== Data in this exercise

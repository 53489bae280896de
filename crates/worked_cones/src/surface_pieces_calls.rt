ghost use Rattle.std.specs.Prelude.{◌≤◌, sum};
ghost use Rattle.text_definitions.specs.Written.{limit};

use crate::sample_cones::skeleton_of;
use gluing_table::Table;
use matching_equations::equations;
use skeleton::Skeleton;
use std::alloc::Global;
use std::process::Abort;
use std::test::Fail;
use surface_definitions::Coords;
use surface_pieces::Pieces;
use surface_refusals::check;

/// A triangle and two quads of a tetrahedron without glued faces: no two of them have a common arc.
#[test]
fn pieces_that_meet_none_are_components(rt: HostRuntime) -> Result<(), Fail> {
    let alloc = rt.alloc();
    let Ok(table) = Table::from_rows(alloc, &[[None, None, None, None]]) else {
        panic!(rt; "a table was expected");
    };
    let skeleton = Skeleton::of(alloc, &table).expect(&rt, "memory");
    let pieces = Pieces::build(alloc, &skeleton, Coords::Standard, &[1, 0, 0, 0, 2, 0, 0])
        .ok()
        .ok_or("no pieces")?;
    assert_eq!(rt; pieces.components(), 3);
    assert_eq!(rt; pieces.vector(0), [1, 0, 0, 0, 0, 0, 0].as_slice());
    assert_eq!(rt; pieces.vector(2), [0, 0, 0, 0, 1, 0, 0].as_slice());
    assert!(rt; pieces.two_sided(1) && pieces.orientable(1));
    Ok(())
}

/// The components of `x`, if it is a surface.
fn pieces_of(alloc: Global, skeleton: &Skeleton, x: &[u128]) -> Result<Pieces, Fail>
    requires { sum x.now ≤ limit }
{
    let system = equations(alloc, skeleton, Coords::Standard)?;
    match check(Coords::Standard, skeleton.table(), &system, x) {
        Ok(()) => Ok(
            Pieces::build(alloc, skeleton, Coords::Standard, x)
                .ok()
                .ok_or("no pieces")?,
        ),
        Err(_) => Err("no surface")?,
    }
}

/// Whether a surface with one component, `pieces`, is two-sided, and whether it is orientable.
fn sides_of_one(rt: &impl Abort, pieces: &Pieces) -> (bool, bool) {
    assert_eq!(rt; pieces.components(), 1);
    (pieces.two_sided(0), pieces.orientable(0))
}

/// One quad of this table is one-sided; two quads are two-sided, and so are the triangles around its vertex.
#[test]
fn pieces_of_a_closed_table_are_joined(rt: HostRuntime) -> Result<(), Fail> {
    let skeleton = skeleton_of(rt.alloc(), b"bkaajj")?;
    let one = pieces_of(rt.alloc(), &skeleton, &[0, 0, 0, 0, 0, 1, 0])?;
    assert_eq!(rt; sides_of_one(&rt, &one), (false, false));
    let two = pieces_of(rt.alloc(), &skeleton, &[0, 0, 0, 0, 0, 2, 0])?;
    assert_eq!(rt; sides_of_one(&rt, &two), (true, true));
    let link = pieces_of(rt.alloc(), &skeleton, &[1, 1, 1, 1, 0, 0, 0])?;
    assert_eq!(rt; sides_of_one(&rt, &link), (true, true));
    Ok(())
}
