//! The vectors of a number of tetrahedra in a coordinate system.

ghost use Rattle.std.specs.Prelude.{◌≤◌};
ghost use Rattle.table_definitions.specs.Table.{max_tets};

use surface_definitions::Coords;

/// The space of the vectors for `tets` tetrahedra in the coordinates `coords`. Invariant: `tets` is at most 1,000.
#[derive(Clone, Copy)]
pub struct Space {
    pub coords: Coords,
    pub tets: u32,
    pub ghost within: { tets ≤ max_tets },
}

====

Print exactly the lines of the listing above starting at the line containing "use gluing_table::Table;" and ending at the line containing "assert_eq!(rt; sides_of_one(&rt, &one), (false, false));", both included.

use gluing_table::Table;
use matching_equations::equations;
use skeleton::Skeleton;
use std::alloc::Global;
use std::process::Abort;
use std::test::Fail;
use surface_definitions::Coords;
use surface_pieces::Pieces;
use surface_refusals::check;

/// A triangle and two quads of a tetrahedron without glued faces: no two of them have a common arc.
#[test]
fn pieces_that_meet_none_are_components(rt: HostRuntime) -> Result<(), Fail> {
    let alloc = rt.alloc();
    let Ok(table) = Table::from_rows(alloc, &[[None, None, None, None]]) else {
        panic!(rt; "a table was expected");
    };
    let skeleton = Skeleton::of(alloc, &table).expect(&rt, "memory");
    let pieces = Pieces::build(alloc, &skeleton, Coords::Standard, &[1, 0, 0, 0, 2, 0, 0])
        .ok()
        .ok_or("no pieces")?;
    assert_eq!(rt; pieces.components(), 3);
    assert_eq!(rt; pieces.vector(0), [1, 0, 0, 0, 0, 0, 0].as_slice());
    assert_eq!(rt; pieces.vector(2), [0, 0, 0, 0, 1, 0, 0].as_slice());
    assert!(rt; pieces.two_sided(1) && pieces.orientable(1));
    Ok(())
}

/// The components of `x`, if it is a surface.
fn pieces_of(alloc: Global, skeleton: &Skeleton, x: &[u128]) -> Result<Pieces, Fail>
    requires { sum x.now ≤ limit }
{
    let system = equations(alloc, skeleton, Coords::Standard)?;
    match check(Coords::Standard, skeleton.table(), &system, x) {
        Ok(()) => Ok(
            Pieces::build(alloc, skeleton, Coords::Standard, x)
                .ok()
                .ok_or("no pieces")?,
        ),
        Err(_) => Err("no surface")?,
    }
}

/// Whether a surface with one component, `pieces`, is two-sided, and whether it is orientable.
fn sides_of_one(rt: &impl Abort, pieces: &Pieces) -> (bool, bool) {
    assert_eq!(rt; pieces.components(), 1);
    (pieces.two_sided(0), pieces.orientable(0))
}

/// One quad of this table is one-sided; two quads are two-sided, and so are the triangles around its vertex.
#[test]
fn pieces_of_a_closed_table_are_joined(rt: HostRuntime) -> Result<(), Fail> {
    let skeleton = skeleton_of(rt.alloc(), b"bkaajj")?;
    let one = pieces_of(rt.alloc(), &skeleton, &[0, 0, 0, 0, 0, 1, 0])?;
    assert_eq!(rt; sides_of_one(&rt, &one), (false, false));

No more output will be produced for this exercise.